Pelestarian Budaya dalam Era Digital
Ki Jangkung Sugiyanto termasuk dalang muda yang mampu beradaptasi dengan zaman. Ia memanfaatkan platform digital untuk memperluas jangkauan budaya Jawa, terutama melalui kanal YouTube-nya yang berisi pertunjukan, filosofi, dan wawasan seni pedalangan:
Dengan pendekatan digital ini, ia mampu menjembatani generasi muda yang akrab dengan teknologi agar tidak kehilangan akar budayanya. Setiap pementasan disajikan tidak hanya sebagai hiburan, melainkan juga sarana edukasi dan spiritualitas Jawa.
Makna Filosofis di Balik Setiap Pakeliran
Sebagaimana dalang-dalang klasik, Ki Jangkung Sugiyanto menekankan pentingnya roso dan tata urip dalam setiap lakon. Baginya, wayang bukan hanya pertunjukan, melainkan media olah rasa dan olah budi untuk menemukan jati diri manusia Jawa.
Dalam lakon-lakon ciptaannya seperti Wahyu Resmi Roso Sejati dan Semar Mbangun Khayanagan, ia mengangkat pesan moral tentang keseimbangan antara spiritualitas dan kemanusiaan. Inilah bentuk “pembangunan jiwa” yang sejalan dengan filosofi Bangun Desa, Bangun Jiwa.
Membangun Generasi Penerus Budaya
Melalui wadah Jangkung Laras Indonesia, Ki Jangkung mengajak generasi muda untuk belajar pedalangan, karawitan, dan filosofi Jawa. Ia percaya bahwa budaya tidak akan punah selama masih ada yang mau “nguri-uri” dengan hati.
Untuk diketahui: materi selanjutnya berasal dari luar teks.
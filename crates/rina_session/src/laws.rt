//! The law of sessions. This function does nothing: its contract is the law.
ghost use Rattle.std.specs.Prelude.{◌≡◌, ◌↔◌, ℕ, List, true, nat_eq};
ghost use Rattle.std.specs.List.{list_any};
ghost use Rattle.rina_session.specs.declared.session.State.TheVariants.{Calling, Called, Connected};
ghost use Rattle.rina_session.specs.Sessions.{Talk};
ghost use Rattle.rina_session.specs.Histories.{Step, IsAfter, Since, IsNewest, calls, is_call, opens, closes, asks, answers};

/// What a session is, by the list of the messages that it let through, the newest first. It is connected exactly where
/// a response to connect with result 0 came, and no release since then. It calls, or is called, exactly where the last
/// message was a connect that was sent, or got. An id waits exactly where a request with it was sent that wants a
/// response, and no response with it was got since then.
pub fn what_was_said_tells_the_session()
    ensures connected { (steps : List Step) (t : Talk) → IsAfter steps t → (t.state ≡ Connected) ↔ Since opens closes steps }
    ensures calling { (steps : List Step) (t : Talk) → IsAfter steps t → (t.state ≡ Calling) ↔ IsNewest calls steps }
    ensures called { (steps : List Step) (t : Talk) → IsAfter steps t → (t.state ≡ Called) ↔ IsNewest is_call steps }
    ensures waits { (steps : List Step) (t : Talk) (id : ℕ) → IsAfter steps t → (list_any (nat_eq id) t.waiting ≡ true) ↔ Since (asks id) (answers id) steps }
{}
“Wayang iku ora mung tontonan, nanging uga tuntunan. Yen rasa lan pikir dadi siji, urip bakal pinaringan padhang.”
– Ki Jangkung Sugiyanto
Penutup
Sosok Ki Jangkung Sugiyanto menjadi teladan bahwa pelestarian budaya Jawa tak harus terjebak dalam masa lalu. Dengan kreativitas dan keikhlasan, seni wayang kulit bisa tetap hidup dan diterima generasi modern.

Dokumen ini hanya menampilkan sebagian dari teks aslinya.